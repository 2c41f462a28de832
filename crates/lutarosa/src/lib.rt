// The library's face: each function hands its bytes over and answers in document 01's numbers. `lutarosa_c` exports each to C (include/lutarosa.h).

#![tactic(auto)]

ghost use Rattle.model.specs.Rule.{rule_of};
ghost use Rattle.model.specs.Table.{table_answer};
ghost use Rattle.model.specs.Recording.{recording_answer};
ghost use Rattle.model.specs.Witness.{witness_answer};
ghost use Rattle.rewrite.specs.Rewriting.{rewrite_table, rewrite_recording, rewrite_witness};
ghost use Rattle.model.specs.declared.Edition.TheVariants.{One, Two};
ghost use Rattle.lutarosa.specs.Face.{Validated, Checked, Rewritten, ValidatedUnder, CheckedUnder};

use checker::{check_under, check_witness};
use engine::{validate, validate_under};
use model::Edition;
use numbers::{Answer, VerdictAnswer};
use rewrite::{rewrite_recording, rewrite_table, rewrite_witness};
use rule::rule_of;

#[tactic(auto, using(crate::proofs::Handed::validated))]
pub fn lutarosa_validate<'a>(
    table: &'a [u8],
    recording: &'a [u8],
    budget: u32,
    scratch: &mut [u8],
    room: &mut [u8],
) -> VerdictAnswer
    ensures { Validated One table.now recording.now budget scratch.old room.old scratch.new room.new result }
{
    validate(Edition::One, table, recording, budget, scratch, room).into()
}

#[tactic(auto, using(crate::proofs::Handed::checked))]
pub fn lutarosa_check<'a>(table: &'a [u8], recording: &'a [u8], witness: &[u8]) -> Answer
    ensures { Checked One table.now recording.now witness.now result }
{
    check_witness(Edition::One, table, recording, witness).into()
}

#[tactic(auto, using(crate::proofs::Handed::rewritten))]
pub fn lutarosa_rewrite_table(bytes: &[u8], room: &mut [u8]) -> Answer
    ensures { Rewritten (table_answer bytes.now) bytes.now room.old room.new (rewrite_table bytes.now room.old) result }
{
    rewrite_table(bytes, room).into()
}

#[tactic(auto, using(crate::proofs::Handed::rewritten))]
pub fn lutarosa_rewrite_recording(table: &[u8], bytes: &[u8], room: &mut [u8]) -> Answer
    ensures { Rewritten (recording_answer table.now bytes.now) bytes.now room.old room.new (rewrite_recording table.now bytes.now room.old) result }
{
    rewrite_recording(table, bytes, room).into()
}

#[tactic(auto, using(crate::proofs::Handed::rewritten))]
pub fn lutarosa_rewrite_witness(bytes: &[u8], room: &mut [u8]) -> Answer
    ensures { Rewritten (witness_answer One bytes.now) bytes.now room.old room.new (rewrite_witness One bytes.now room.old) result }
{
    rewrite_witness(Edition::One, bytes, room).into()
}

// The same for edition 2 of the witness.

#[tactic(auto, using(crate::proofs::Handed::validated))]
pub fn lutarosa_validate_edition2<'a>(
    table: &'a [u8],
    recording: &'a [u8],
    budget: u32,
    scratch: &mut [u8],
    room: &mut [u8],
) -> VerdictAnswer
    ensures { Validated Two table.now recording.now budget scratch.old room.old scratch.new room.new result }
{
    validate(Edition::Two, table, recording, budget, scratch, room).into()
}

#[tactic(auto, using(crate::proofs::Handed::checked))]
pub fn lutarosa_check_edition2<'a>(table: &'a [u8], recording: &'a [u8], witness: &[u8]) -> Answer
    ensures { Checked Two table.now recording.now witness.now result }
{
    check_witness(Edition::Two, table, recording, witness).into()
}

#[tactic(auto, using(crate::proofs::Handed::rewritten))]
pub fn lutarosa_rewrite_witness_edition2(bytes: &[u8], room: &mut [u8]) -> Answer
    ensures { Rewritten (witness_answer Two bytes.now) bytes.now room.old room.new (rewrite_witness Two bytes.now room.old) result }
{
    rewrite_witness(Edition::Two, bytes, room).into()
}

// The same under a measured loss rate (R-7), in either edition.

#[tactic(auto, using(crate::proofs::Handed::validated_under))]
pub fn lutarosa_validate_rule<'a>(
    table: &'a [u8],
    recording: &'a [u8],
    budget: u32,
    device: u8,
    window: u8,
    most: u8,
    scratch: &mut [u8],
    room: &mut [u8],
) -> VerdictAnswer
    ensures { ValidatedUnder (rule_of device window most) One table.now recording.now budget scratch.old room.old scratch.new room.new result }
{
    validate_under(
        rule_of(device, window, most),
        Edition::One,
        table,
        recording,
        budget,
        scratch,
        room,
    )
    .into()
}

#[tactic(auto, using(crate::proofs::Handed::checked_under))]
pub fn lutarosa_check_rule<'a>(
    table: &'a [u8],
    recording: &'a [u8],
    witness: &[u8],
    device: u8,
    window: u8,
    most: u8,
) -> Answer
    ensures { CheckedUnder (rule_of device window most) One table.now recording.now witness.now result }
{
    check_under(
        rule_of(device, window, most),
        Edition::One,
        table,
        recording,
        witness,
    )
    .into()
}

#[tactic(auto, using(crate::proofs::Handed::validated_under))]
pub fn lutarosa_validate_rule_edition2<'a>(
    table: &'a [u8],
    recording: &'a [u8],
    budget: u32,
    device: u8,
    window: u8,
    most: u8,
    scratch: &mut [u8],
    room: &mut [u8],
) -> VerdictAnswer
    ensures { ValidatedUnder (rule_of device window most) Two table.now recording.now budget scratch.old room.old scratch.new room.new result }
{
    validate_under(
        rule_of(device, window, most),
        Edition::Two,
        table,
        recording,
        budget,
        scratch,
        room,
    )
    .into()
}

#[tactic(auto, using(crate::proofs::Handed::checked_under))]
pub fn lutarosa_check_rule_edition2<'a>(
    table: &'a [u8],
    recording: &'a [u8],
    witness: &[u8],
    device: u8,
    window: u8,
    most: u8,
) -> Answer
    ensures { CheckedUnder (rule_of device window most) Two table.now recording.now witness.now result }
{
    check_under(
        rule_of(device, window, most),
        Edition::Two,
        table,
        recording,
        witness,
    )
    .into()
}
####
Problem
From the listing above, pick out each line where the word "same" appears.

Written response
// The same for edition 2 of the witness.
// The same under a measured loss rate (R-7), in either edition.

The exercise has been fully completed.